Summer should be time for outdoors too
Published 8:31 am Wednesday, May 31, 2017
With summer nearly here (and with most schools already out) parents everywhere are planning for summer trips and activities.
Or, at least, I hope they are.
Though I was never one for team sports, the heavy smell of chlorine looms large in my memories of summer days spent at my neighborhood pool in Corpus Christi. In addition, being in the Boy Scouts meant there would definitely be some camping trips at some point.
There is a lot to be said for indoor programs that boost academic prowess and reading capability. I loved spending the hottest days in the cool of my local library, surrounded by more books than I knew what to do with. However, I have found that I’ve gotten older, the opportunities to learn and read never really end. There’s college, of course, and then possibly graduate school or just the odd extra community college course in the evening.
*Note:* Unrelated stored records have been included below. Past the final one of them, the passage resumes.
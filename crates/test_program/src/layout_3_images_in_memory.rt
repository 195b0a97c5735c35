//! Images of layout 3 on disks in memory, whose calls fail and are stopped, that are checked, copied, salvaged, and listed and exported by reads alone.
use super::layout_3_images::{FILLED, LENGTH};
use super::stopping::{Disk, FATES, Fate, Making, OneDisk, Opened, copying_is_stopped};
use super::support::{
    DEVICE_FAULT, Left, call_over, call_over_both, check, overwrite, run_over_files, told_of_making,
};
use super::systems::{BOTH, SAVED, SEVENS};
use crate::assertions::{Assert, assert_same};
use sector_disk::{FileFault, HostFault, HostFiles};
use sha2::{Digest, Sha256};
use std::alloc::Global;
use std::fs::File;
use std::process::Abort;
use std::rt::Files;
use std::test::Fail;

/// What the blocks begin with once 7 was saved in two of them.
const BOTH_SEVENS: &[(u16, &str)] = &[(1, "\x07\x00"), (2, "\x07\x00")];

/// What each salvage tells.
pub(crate) const PAGES_NO_RECOVERY: &str =
    "salvaged, not recovered: a damaged block may be older, or written and not saved, or blank\n";

const COPY: Making = Making {
    words: &["forth83", "copy", "A", "A"],
    length: LENGTH,
    filled: FILLED,
};

const SALVAGE: Making = Making {
    words: &["forth83", "salvage", "A", "A"],
    ..COPY
};

/// Prints the first characters of both blocks.
const FIRST_CHARACTERS: &[u8] = b"1 BLOCK C@ . 2 BLOCK C@ .\n";

/// What `check` prints of an image of so many blocks, which are blank but for these, of which each begins so.
fn report(alloc: Global, blocks: u16, starts: &[(u16, &str)]) -> Result<String, Fail> {
    let mut hasher = Sha256::new();
    for b in 0..blocks {
        let mut bytes = [b' '; 1024];
        for (block, start) in starts {
            if *block == b {
                overwrite(&mut bytes, 0, start.as_bytes());
            }
        }
        hasher.update(bytes.as_slice());
    }
    let digest: [u8; 32] = hasher.finalize();
    let length = 512 * (32 + 16 * blocks as u32);
    let mut text = format!(in alloc;
        "bytes: {length}\nlayout: 3\nblocks: {blocks}\nsave under way: none\nsha256: "
    )?;
    for byte in digest {
        let digits = format!(in alloc; "{byte:02x}")?;
        text.push_str(&digits)?;
    }
    text.push_str("\n")?;
    Ok(text)
}

/// Changes a byte of a sector.
pub(crate) fn change(bytes: &mut [u8], sector: usize, at: usize) {
    let place = sector.saturating_mul(512).saturating_add(at);
    if let Some(byte) = bytes.get_mut(place) {
        *byte ^= 255;
    }
}

/// A disk with an image of 32 blocks, of which two were saved at once.
pub(crate) fn with_sevens(
    rt: &(impl Files<File = File> + AllocGlobal + Abort),
) -> Result<Disk, Fail> {
    let disk = Disk::of_length(rt, LENGTH)?;
    let files = OneDisk::new(&disk);
    let words = ["forth83", "new", "A", "--blocks", "32", "--layout", "3"];
    let left = call_over(rt, &files, &words, b"");
    assert_same!(rt; (left.status, left.errors.as_slice()), (0, b"".as_slice()));
    run_over_files(rt, &files, SAVED)?;
    disk.begin(u64::MAX);
    Ok(disk)
}

/// Saves 8 in both blocks at once.
const EIGHTS: &[u8] = b"8 1 BLOCK ! UPDATE 8 2 BLOCK ! UPDATE SAVE-BUFFERS\n";

/// A session that saves is stopped at each call of the save, and at the last one with each fate: in what a check tells no save is under way, and
/// the blocks are those before it, or as saved.
#[test]
fn saves_that_were_stopped_are_checked(rt: HostRuntime) -> Result<(), Fail> {
    let disk = with_sevens(&rt)?;
    let made = disk.copy(&rt)?;
    let before = report(rt.alloc(), 32, BOTH_SEVENS)?;
    let after = report(rt.alloc(), 32, &[(1, "\x08\x00"), (2, "\x08\x00")])?;
    let known = [before.as_str(), after.as_str()];
    let _ = call_over(&rt, &OneDisk::new(&disk), &["forth83", "run", "A"], EIGHTS);
    // An opening makes a sync and 99 reads, and four sectors are read; two spills make a read and three writes each, and a save 2 writes and 2 syncs.
    assert_same!(rt; disk.calls(), 100 + 4 + 8 + 4);
    for (k, fate) in (104..116).zip(FATES.iter().cycle()) {
        save_is_stopped(&rt, &disk, made.as_slice(), k, *fate, known)?;
    }
    for fate in FATES {
        save_is_stopped(&rt, &disk, made.as_slice(), 115, fate, known)?;
    }
    Ok(())
}

/// What is told of the image then is one of what is known, and the same is told of a copy and of a salvage, which are made now and then.
fn save_is_stopped(
    rt: &(impl Files<File = File> + AllocGlobal + Abort),
    disk: &Disk,
    made: &[u8],
    k: u64,
    fate: Fate,
    known: [&str; 2],
) -> Result<(), Fail> {
    let files = OneDisk::new(disk);
    disk.set(made);
    disk.begin(k);
    let _ = call_over(rt, &files, &["forth83", "run", "A"], EIGHTS);
    disk.restart(fate);
    let left = call_over(rt, &files, &["forth83", "check", "A"], b"");
    assert_same!(rt; left.status, 0, "{fate:?} at {k}");
    let told = str::from_utf8(left.output.as_slice()).unwrap_or("?");
    assert!(rt; known.contains(&told), "{fate:?} at {k}");
    if k % 5 == 4 {
        check_copies(rt, disk, left.output.as_slice())?;
    }
    Ok(())
}

/// A copy and a salvage of the image on this disk are told so.
fn check_copies(
    rt: &(impl Files<File = File> + AllocGlobal + Abort),
    old: &Disk,
    told: &[u8],
) -> Result<(), Fail> {
    for name in ["copy", "salvage"] {
        let new = Disk::of_length(rt, LENGTH)?;
        let (looking, files) = (OneDisk::new(old), OneDisk::new(&new));
        let left = call_over_both(rt, &files, &looking, &["forth83", name, "A", "A"], b"");
        assert_same!(rt; left.status, 0, "{name}");
        let left = call_over(rt, &files, &["forth83", "check", "A"], b"");
        assert_same!(rt; left.output.as_slice(), told, "{name}");
    }
    Ok(())
}

/// Of 32 blocks label, gate, record and three sectors each are read, two for the digest, and the gate once more. From each sixth of these reads on all
/// fail, and from the last: that is told, and each sector as one that can't be read.
#[test]
fn checks_whose_reads_fail(rt: HostRuntime) -> Result<(), Fail> {
    let disk = with_sevens(&rt)?;
    let files = OneDisk::new(&disk);
    let before = disk.copy(&rt)?;
    let words = ["forth83", "check", "A"];
    let left = call_over(&rt, &files, &words, b"");
    let wanted = report(rt.alloc(), 32, BOTH_SEVENS)?;
    assert_same!(rt; left.output.as_slice(), wanted.as_bytes());
    assert_same!(rt; disk.calls(), 164);
    let unread = all_unread(rt.alloc())?;
    for k in (1..164).step_by(6) {
        disk.begin(k);
        let left = call_over(&rt, &files, &words, b"");
        check_fault(&rt, &left, k);
        assert!(rt; left.output.as_slice() == unread.as_bytes(), "at {k}");
    }
    assert!(rt; disk.copy(&rt)? == before);
    Ok(())
}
Heck, with the Internet and Amazon.com one almost need not leave one’s house to learn an new skill or read a book.
But somewhere in there I managed to lose the ability to set off on my bike for the neighborhood pool and spend the day getting sunburned and doing stupid tricks off the diving board. These days, if I want to spend a week hiking around the Davis Mountains, as I did one week with my Boy Scout troop, it means giving up some other time somewhere else in the year.
Of course I miss spending long days outside because I once did in fact spend long days outside. The habit was formed early but the knowledge of local tree names, of local birds and waterways and the desire to be among those things remains strong.
Medical data shows that we’re a deeply sick country. We eat poorly. We do not exercise enough and we’re more out of touch with our local green spaces that ever before and that’s a shame. But it’s mostly a shame because it’s not hard to take a step back and hit reset. Our children do not have to wind up like this.
But, of course, it’s up to the parents. Sign your kids up for sailing lessons. Sign them up for swimming lessons. Get them enrolled in Boy Scouts. None of these programs are free generally, but consider the money spent as insurance, insurance against a future spent indoors locked in front of various screens. Insurance against poor health and a sick lifestyle. And yes, I can appreciate the irony in the fact that these very words were written on one of those screens.
Lucky for us, it’s not an either/or choice of summer programming. You do not have to either sign your kid up for swimming lessons or a library camp. You can do both and you should do both. And it will make all the difference that you did.
Jesse Wright is editor of The Port Arthur News.